Dalam sebuah video yang diunggah di YouTube, pelantun "Since U Been Gone" itu merefleksikan perjalanannya. Ia mengaku acara talk show yang dibawakannya sejak 2019 telah menjadi penyelamat di tengah berbagai badai kehidupan. "Kalau ada satu kata untuk menggambarkan The Kelly Clarkson Show, itu adalah pivot (berbelok arah). Tidak ada satu musim pun yang normal, tapi justru itulah yang membuat saya bertahan," ujarnya. Ia menambahkan bahwa bekerja dan fokus pada orang lain adalah kebutuhan yang sangat penting, terutama saat pandemi melanda.

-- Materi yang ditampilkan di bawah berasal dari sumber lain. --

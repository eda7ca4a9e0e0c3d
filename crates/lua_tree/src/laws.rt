// Laws of the definitions, with nothing to run.
ghost use Rattle.std.specs.Prelude.{◌≡◌, ℕ, List};
ghost use Rattle.lua_tree.specs.Lines.{IsLineOf};
ghost use Rattle.lua_tree.specs.SpelledLaws.{SpelledAsSpelling, SpellingIsSpelled};
ghost use Rattle.lua_tree.specs.Tiling.{Cause, Lexes, Stops};
ghost use Rattle.lua_tree.specs.declared.token.Token.{Token as OneToken};

/// A text ends on one line: however it is cut into line ends and other bytes, their number is one.
pub fn lines_are_one()
    ensures { (text : List ℕ) (a b : ℕ) → IsLineOf text a → IsLineOf text b → a ≡ b }
{}

/// A text has one list of tokens at most.
pub fn tokens_are_one()
    ensures { (bytes : List ℕ) (tokens others : List OneToken) → Lexes bytes tokens → Lexes bytes others → tokens ≡ others }
{}

/// A text has one fault at most, at one offset.
pub fn faults_are_one()
    ensures { (bytes : List ℕ) (cause other : Cause) (a b : ℕ) → Stops bytes cause a → Stops bytes other b → (cause ≡ other) × (a ≡ b) }
{}

/// A text that has tokens has no fault.
pub fn never_both()
    ensures { (bytes : List ℕ) (tokens : List OneToken) (cause : Cause) (at : ℕ) → Lexes bytes tokens → Stops bytes cause at → ⊥ }
{}

/// Law: tokens that spell a source, with their lines, have the kinds of its spelling.
pub fn spelled_as_spelling()
    ensures { SpelledAsSpelling }
{}

/// Law: tokens that have the kinds of a source's spelling spell the source, with all on one line.
pub fn spelling_is_spelled()
    ensures { SpellingIsSpelled }
{}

Keputusan untuk mundur sebenarnya sudah diumumkan sejak awal musim ketujuh. Dalam unggahan Instagram, Kelly menulis bahwa musim ini akan menjadi musim terakhirnya. "Ini bukan keputusan mudah, tapi meninggalkan jadwal harian akan memungkinkan saya memprioritaskan anak-anak. Itu terasa perlu dan tepat untuk babak hidup berikutnya," tulisnya. Ia juga menyampaikan rasa terima kasihnya kepada kru, bintang tamu, penggemar, dan NBC yang telah mendukungnya selama ini.
Kepergian Brandon Blackstock, ayah dari kedua anaknya, menjadi titik balik yang memperkuat tekad Kelly untuk mengurangi aktivitas profesionalnya. Sebagai seorang ibu tunggal, ia merasa perlu memberikan stabilitas dan kehadiran fisik yang lebih bagi anak-anaknya yang sedang tumbuh. "Saya sangat beruntung bisa bekerja dengan orang-orang luar biasa di The Kelly Clarkson Show, baik di Los Angeles maupun New York. Ada begitu banyak momen menakjubkan selama tujuh musim ini," kenangnya dalam pernyataan tertulis.
Bagi industri hiburan, kepergian Kelly dari layar kaca meninggalkan celah yang cukup besar. The Kelly Clarkson Show dikenal dengan formatnya yang hangat dan personal, berbeda dari talk show lain yang lebih mengandalkan sensasi. Kelly berhasil membangun koneksi emosional dengan penontonnya, terutama melalui segmen "Kellyoke" yang kerap menjadi viral. Kepergiannya juga menjadi pengingat bahwa di balik gemerlap panggung, ada kehidupan pribadi yang harus dijaga.
Di Indonesia, fenomena ini menarik untuk dicermati. Industri talk show di tanah air juga kerap menghadapi dilema serupa: tuntutan rating yang tinggi versus kebutuhan pribadi para pembawa acara. Beberapa presenter lokal seperti Raffi Ahmad atau Deddy Corbuzier pernah mengambil jeda atau mengubah format acara demi keluarga. Keputusan Kelly bisa menjadi contoh bahwa kesehatan mental dan keluarga adalah prioritas yang tak bisa ditawar, bahkan bagi selebritas papan atas sekalipun.
Ke depannya, publik bertanya-tanya: apa langkah Kelly Clarkson selanjutnya? Akankah ia kembali ke dunia musik sepenuhnya, atau justru memilih untuk menikmati peran sebagai ibu di rumah? Satu hal yang pasti, keputusannya untuk mundur dari talk show bukanlah akhir dari kariernya, melainkan awal dari babak baru yang lebih bermakna. Pertanyaannya, mampukah industri hiburan memberikan ruang bagi para talenta untuk menyeimbangkan karier dan keluarga tanpa harus kehilangan pamor?